Escalating US-North Korea tensions are on a `very negative` trajectory
1:44 AM ET Thu, 10 Aug 2017 | 02:04
A UN report from earlier this year alleged that North Korean banks and firms have maintained access to international financial markets through a network of Chinese-based front companies.
Coal exports from North Korea have since been stopped under UN sanctions, and the UN Security Council (including China) unanimously agreed further sanctions last Saturday.
The most recent agreement seems to have protected the Chinese banks in the short term.
"The decision by the Chinese to sign up to UN sanctions on Saturday was a trade off to prevent secondary sanctions being imposed by the US on large Chinese corporates or banks," said Andrew Gilhom, director of analysis greater China and North Asia, at Control Risks.
However, with the rhetoric coming out of the White House growing increasingly intense, the United States may return to the topic of secondary sanctions if it feels the Chinese authorities are not providing the help the US believe it needs.
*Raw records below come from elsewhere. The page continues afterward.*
//! The transcript's lines, put into a sink.

ghost use Rattle.std.specs.Prelude.{◌≡◌, [], ◌∷◌, ◌++◌, decimal, OnOk};
ghost use Rattle.qo_causes.specs.Bytes.{PutsAll};
ghost use Rattle.qo_causes.specs.Cause.{HasCause};
ghost use Rattle.qo_causes.specs.Hub.{lane_text, line};

use crate::names::{SessionNames, name_of};
use itoa::Buffer;
use qo_causes::{Failed, Lane, Sink, put_all};
use std::alloc::AllocError;

/// Puts a session's number and a space.
fn put_number<K: Sink>(sink: &mut K, number: u8) -> Result<(), Failed>
    ensures bytes { PutsAll (K.held sink.old) (K.held sink.new) result (decimal number ++ 32 ∷ []) }
    ensures cause { HasCause (K.faults sink.old) (K.faults sink.new) result }
    ensures quiet { OnOk result (K.faults sink.new ≡ K.faults sink.old) }
{
    let ones = b'0' + number % 10;
    if number < 10 {
        return put_all(sink, &[ones, b' ']);
    }
    let tens = b'0' + number / 10 % 10;
    if number < 100 {
        return put_all(sink, &[tens, ones, b' ']);
    }
    put_all(sink, &[b'0' + number / 100, tens, ones, b' '])
}

/// Puts some bytes and then others.
fn put_both<K: Sink>(sink: &mut K, first: &[u8], second: &[u8]) -> Result<(), Failed>
    ensures bytes { PutsAll (K.held sink.old) (K.held sink.new) result (first.now ++ second.now) }
    ensures cause { HasCause (K.faults sink.old) (K.faults sink.new) result }
    ensures quiet { OnOk result (K.faults sink.new ≡ K.faults sink.old) }
{
    if let Err(Failed) = put_all(sink, first) {
        return Err(Failed);
    }
    match put_all(sink, second) {
        Ok(()) => Ok(()),
        Err(Failed) => Err(Failed),
    }
}

/// Puts a lane's name and a space.
fn put_lane<K: Sink>(sink: &mut K, names: &SessionNames, lane: Lane) -> Result<(), Failed>
    ensures bytes { PutsAll (K.held sink.old) (K.held sink.new) result (lane_text names.now lane ++ 32 ∷ []) }
    ensures cause { HasCause (K.faults sink.old) (K.faults sink.new) result }
    ensures quiet { OnOk result (K.faults sink.new ≡ K.faults sink.old) }
{
    match lane {
        Lane::Session(number) => match name_of(names, number) {
            Some(name) => put_both(sink, name.as_slice(), b" "),
            None => put_number(sink, number),
        },
        Lane::Guest => put_all(sink, b"g "),
    }
}

/// Puts the transcript's line of one message. It takes no memory.
fn put_line<K: Sink>(
    sink: &mut K,
    names: &SessionNames,
    lane: Lane,
    bytes: &[u8],
) -> Result<(), Failed>
    ensures bytes { PutsAll (K.held sink.old) (K.held sink.new) result (line names.now lane bytes.now) }
    ensures cause { HasCause (K.faults sink.old) (K.faults sink.new) result }
    ensures quiet { OnOk result (K.faults sink.new ≡ K.faults sink.old) }
{
    if let Err(Failed) = put_lane(sink, names, lane) {
        return Err(Failed);
    }
    match put_all(sink, bytes) {
        Ok(()) => Ok(()),
        Err(Failed) => Err(Failed),
    }
}

/// Adds a lane's name to a buffer.
#[inline(always)]
fn add_lane(buffer: &mut Vec<u8>, names: &SessionNames, lane: Lane) -> Result<(), AllocError>
    ensures { OnOk result (buffer.new.items ≡ buffer.old.items ++ lane_text names.now lane) }
{
    match lane {
        Lane::Session(number) => match name_of(names, number) {
            Some(name) => buffer.extend_from_slice(name.as_slice())?,
            None => {
                let mut digits = Buffer::new();
                buffer.extend_from_slice(digits.format(number).as_bytes())?;
            }
        },
        Lane::Guest => buffer.extend_from_slice(b"g")?,
    }
    Ok(())
}

/// Makes a buffer the transcript's line of one message.
#[inline(always)]
fn spell_line(
    buffer: &mut Vec<u8>,
    names: &SessionNames,
    lane: Lane,
    bytes: &[u8],
) -> Result<(), AllocError>
    ensures { OnOk result (buffer.new.items ≡ line names.now lane bytes.now) }
{
    buffer.clear();
    add_lane(buffer, names, lane)?;
    buffer.push(b' ')?;
    buffer.extend_from_slice(bytes)?;
    Ok(())
}

/// Puts the transcript's line of one message, while sessions of these names are open: in one piece, which is made in the buffer, or where
/// memory runs out for that in two. It does not fail for want of memory.
pub(crate) fn put_message<K: Sink>(
    sink: &mut K,
    buffer: &mut Vec<u8>,
    names: &SessionNames,
    lane: Lane,
    bytes: &[u8],
) -> Result<(), Failed>
    ensures bytes { PutsAll (K.held sink.old) (K.held sink.new) result (line names.now lane bytes.now) }
    ensures cause { HasCause (K.faults sink.old) (K.faults sink.new) result }
    ensures quiet { OnOk result (K.faults sink.new ≡ K.faults sink.old) }
{
    match spell_line(buffer, names, lane, bytes) {
        Ok(()) => match put_all(sink, buffer.as_slice()) {
            Ok(()) => Ok(()),
            Err(Failed) => Err(Failed),
        },
        Err(AllocError) => match put_line(sink, names, lane, bytes) {
            Ok(()) => Ok(()),
            Err(Failed) => Err(Failed),
        },
    }
}
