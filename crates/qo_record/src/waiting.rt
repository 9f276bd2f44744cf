//! Which bytes may still become an entry when more come.

ghost use Rattle.std.specs.Prelude.{◌≡◌, option_map};
ghost use Rattle.qo_record.specs.PartialEntries.{are_to_come, has_line, is_wrong, line_most, promised_by_guest, promised_by_session};

use crate::entries::moment_after;
use crate::names::{SessionNames, session_at};
use crate::reading::{PIECE_MAX, number_until};
use crate::versions::Version;

/// The most bytes that the first line of an entry has, with its end.
fn line_most(version: Version) -> usize
    ensures { result ≡ line_most version }
{
    match version {
        Version::One => 52,
        Version::Two => 72,
    }
}

/// How many bytes the first line of an entry of a session promises, and the bytes after that line.
fn promised_by_session<'a>(
    version: Version,
    names: &SessionNames,
    bytes: &'a [u8],
) -> Option<(u64, &'a [u8])>
    ensures { option_map (λ x. (x.0, x.1.now)) result ≡ promised_by_session version names.now bytes.now }
{
    let (_, rest) = moment_after(b"bytes ", bytes)?;
    let (_, rest) = session_at(version, names, b' ', rest)?;
    number_until(b'\n', PIECE_MAX, rest)
}

/// How many bytes the first line of an entry of the guest promises, and the bytes after that line.
fn promised_by_guest(bytes: &[u8]) -> Option<(u64, &[u8])>
    ensures { option_map (λ x. (x.0, x.1.now)) result ≡ promised_by_guest bytes.now }
{
    let (_, rest) = moment_after(b"guest ", bytes)?;
    number_until(b'\n', PIECE_MAX, rest)
}

/// Whether some of the bytes that were promised, or the line's end after them, are still to come.
fn are_to_come(promised: Option<(u64, &[u8])>) -> bool
    ensures { result ≡ are_to_come (option_map (λ x. (x.0, x.1.now)) promised.entry) }
{
    match promised {
        Some((len, rest)) => len > 0 && rest.len() as u64 <= len,
        None => false,
    }
}

/// Whether a line ends among the bytes.
fn has_line(bytes: &[u8]) -> bool
    ensures { result ≡ has_line bytes.now }
{
    bytes.contains(&b'\n')
}

/// Whether bytes at whose front no entry stands will have none, whatever follows them. It is told where their first line
/// has ended, or is too long.
#[tactic(auto, unfolding(crate::specs::PartialEntries::is_wrong))]
pub(crate) fn is_wrong(version: Version, names: &SessionNames, bytes: &[u8]) -> bool
    ensures { result ≡ is_wrong version names.now bytes.now }
{
    let ended = bytes.len() >= line_most(version) || has_line(bytes);
    let by_session = are_to_come(promised_by_session(version, names, bytes));
    let by_guest = are_to_come(promised_by_guest(bytes));
    ended && !(by_session || by_guest)
}
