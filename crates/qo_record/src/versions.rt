//! Versions of recorded streams.

ghost use Rattle.std.specs.Prelude.{◌≡◌};
ghost use Rattle.qo_record.specs.Names.{header_of};

/// The version of a recorded stream, which its header tells.
#[derive(Clone, Copy, Debug, PartialEq, Eq)]
pub(crate) enum Version {
    /// An entry names its session by the number.
    One,
    /// An entry names its session by a name, with which it opens.
    Two,
}

/// How many bytes a header has.
pub(crate) const HEADER_SIZE: usize = 7;

/// The first line of a stream.
pub(crate) fn header_of(version: Version) -> &'static [u8]
    ensures { result.now ≡ header_of version }
{
    match version {
        Version::One => b"qrec 1\n",
        Version::Two => b"qrec 2\n",
    }
}
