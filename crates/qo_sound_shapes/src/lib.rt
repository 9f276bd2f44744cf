//! The shape of a board's objects: each has the slots that its type says, with values and links of
//! their rows, and registers of its type's body. And what belongs to whom: what stands in `/objects`,
//! who has a path that is kept, and which objects are containers. Functions without effect, whose
//! contracts say what keeps it so. The definitions stand in `specs/`.
#![tactic(auto)]

ghost use Rattle.qo_sound_shapes.specs.OwnersKept.{OwnersKeptLaw};
ghost use Rattle.qo_sound_shapes.specs.ShapesKept.{ShapesKeptLaw};
ghost use Rattle.qo_sound_shapes.specs.ShapeFacts.{ShapesSayLaw};

/// The objects of a board are shaped as their types say on the opening board. They are so after what
/// changes no object, after acts and holds, after a write of a clock that is not refused, and after
/// other registers of an object's own body, as a guest's write leaves them. Where the board is sound
/// as far as devices go, they are so after each command on objects, after a device that is added or
/// refused at any stage, after one that is detached, and after the reset of the whole board.
#[tactic(auto, using(crate::proofs::LawLemmas::shapes_kept_lem))]
pub fn law_shapes_kept()
    ensures { ShapesKeptLaw }
{}

/// On a board whose objects are shaped as their types say, what an object has under the name of a
/// property of its type is as the property's row says; and a device that stands in a container has
/// something there. A clock's period, mul and div are numbers, and so is the size of a memory backend.
/// No strong link of a bus is empty.
#[tactic(auto, using(crate::proofs::FactLemmas::shapes_say_lem))]
pub fn law_shapes_say()
    ensures { ShapesSayLaw }
{}

/// The owners of a board are sound on the opening board. They are so after what changes no object,
/// after acts and holds, after a write of a clock that is not refused, and after other registers of
/// an object. Where the board is sound as far as devices go, they are so after each command on
/// objects, after a device that is added or refused at any stage, after one that is detached, and
/// after the reset of the whole board.
#[tactic(auto, using(crate::proofs::OwnersLawLemmas::owners_kept_lem))]
pub fn law_owners_kept()
    ensures { OwnersKeptLaw }
{}
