//! The bytes that were taken from a source and are not read yet.

ghost use Rattle.std.specs.Prelude.{◌≡◌, ◌≤◌, ◌<◌, ◌+◌, [], true, false, length, drop, take, IfOk, OnOk};
ghost use Rattle.qo_causes.specs.Cause.{HasCause};
ghost use Rattle.qo_record.specs.Replays.{ahead_of};
ghost use Rattle.qo_record.specs.declared.windows.TheConstants.{ROOM};
ghost use Rattle.qo_record.specs.Windows.{Filled, TakesAfter, between};

use qo_causes::{Failed, Source};
use std::alloc::{AllocError, Global};
use std::marker::Model;

/// A hub over a source holds fewer bytes than these of what is ahead: an entry that ends so many bytes or more before
/// the last that was taken has been given. No entry has so many.
pub const AHEAD_BYTES: usize = 65_700;

/// The bytes that a window has room for.
pub(crate) const ROOM: usize = 65_699;

/// Bytes taken from a source, in a buffer of fixed length. Contracts see those that are held.
#[derive(Drop)]
pub(crate) struct Window {
    buffer: Vec<u8>,
    // The held bytes are those from `at` to `end`.
    at: usize,
    end: usize,
}

impl Model for Window {
    ghost use Rattle.std.specs.Prelude.{ℕ, List, ◌≡◌, ◌≤◌, length};
    ghost use Rattle.qo_record.specs.Windows.{between};
    ghost use Rattle.qo_record.specs.declared.windows.TheConstants.{ROOM};

    ghost Value = { List ℕ };

    ghost view = { λ w. between w.buffer.items w.at w.end };

    ghost invariant = { λ w. (w.at ≤ w.end) × (w.end ≤ ROOM) × (length w.buffer.items ≡ ROOM) };
}

/// Moves the held bytes to the front where nothing is free after them, and gives their places.
fn make_room(buffer: &mut Vec<u8>, at: usize, end: usize) -> (usize, usize)
    requires order { at ≤ end }
    requires within { end ≤ ROOM }
    requires size { length buffer.old.items ≡ ROOM }
    ensures size { length buffer.new.items ≡ ROOM }
    ensures same { between buffer.new.items result.0 result.1 ≡ between buffer.old.items at end }
    ensures order { result.0 ≤ result.1 }
    ensures within { result.1 ≤ ROOM }
    ensures room { length (between buffer.old.items at end) < ROOM → result.1 < ROOM }
{
    if end < ROOM {
        return (at, end);
    }
    buffer.copy_within(at..end, 0);
    (0, end - at)
}

/// Takes bytes from a source, once, into the places of a buffer from one on, and answers how many these were.
fn take_after<S: Source>(buffer: &mut [u8], end: usize, source: &mut S) -> Result<usize, Failed>
    requires { end ≤ length buffer.old }
    ensures size { length buffer.new ≡ length buffer.old }
    ensures front { take end buffer.new ≡ take end buffer.old }
    ensures bound { IfOk result (λ n. end + n ≤ length buffer.new) }
    ensures bytes { TakesAfter (S.left source.old) (S.left source.new) result buffer.new end }
    ensures cause { HasCause (S.faults source.old) (S.faults source.new) result }
    ensures quiet { OnOk result (S.faults source.new ≡ S.faults source.old) }
{
    source.take(&mut buffer[end..])
}

impl Window {
    /// A window that holds nothing. All memory that it takes is taken here.
    pub(crate) fn new(alloc: Global) -> Result<Window, AllocError>
        ensures { IfOk result (λ window. window ≡ []) }
    {
        Ok(Window {
            buffer: vec![in alloc; 0u8; ROOM]?,
            at: 0,
            end: 0,
        })
    }

    /// The bytes that are buffered.
    pub(crate) fn buffered(&self) -> &[u8]
        ensures value { result.now ≡ self.now }
        ensures few { length self.now ≤ ROOM }
    {
        &self.buffer[self.at..self.end]
    }

    /// Whether there is no room for a further byte.
    pub(crate) fn is_full(&self) -> bool
        ensures yes { result ≡ true → length self.now ≡ ROOM }
        ensures no { result ≡ false → length self.now < ROOM }
    {
        self.end - self.at == ROOM
    }

    /// Lets go of bytes at the front.
    pub(crate) fn let_go(&mut self, count: usize)
        requires { count ≤ length self.old }
        ensures { self.new ≡ drop count self.old }
    {
        self.at += count;
    }

    /// Takes bytes from a source, once, as many as there is room for, and answers how many these were. Where
    /// nothing is free after the held bytes, these are moved to the front before.
    pub(crate) fn fill<S: Source>(&mut self, source: &mut S) -> Result<usize, Failed>
        requires { length self.old < ROOM }
        ensures ahead { ahead_of self.new (S.left source.new) ≡ ahead_of self.old (S.left source.old) }
        ensures few { length self.new ≤ ROOM }
        ensures filled { Filled self.old self.new (S.left source.new) result }
        ensures cause { HasCause (S.faults source.old) (S.faults source.new) result }
        ensures quiet { OnOk result (S.faults source.new ≡ S.faults source.old) }
    {
        let (at, end) = make_room(&mut self.buffer, self.at, self.end);
        self.at = at;
        self.end = end;
        let count = take_after(&mut self.buffer, end, source)?;
        self.end += count;
        Ok(count)
    }
}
"If secondary sanctions were brought in against Chinese banks, they may have little choice but to comply," said Jessica Bartlett, a senior associate at Freshfields Bruckhaus Deringer based in Hong Kong.
"US regulators have the ultimate weapon of forbidding a bank from clearing US dollars, and since the vast amount of trade is conducted in dollars that would make it near impossible for many Chinese banks to do business," she said.
"As such, any bank that relies on doing business in US dollars who breaches US sanctions would have no choice but to pay the penalty in fines."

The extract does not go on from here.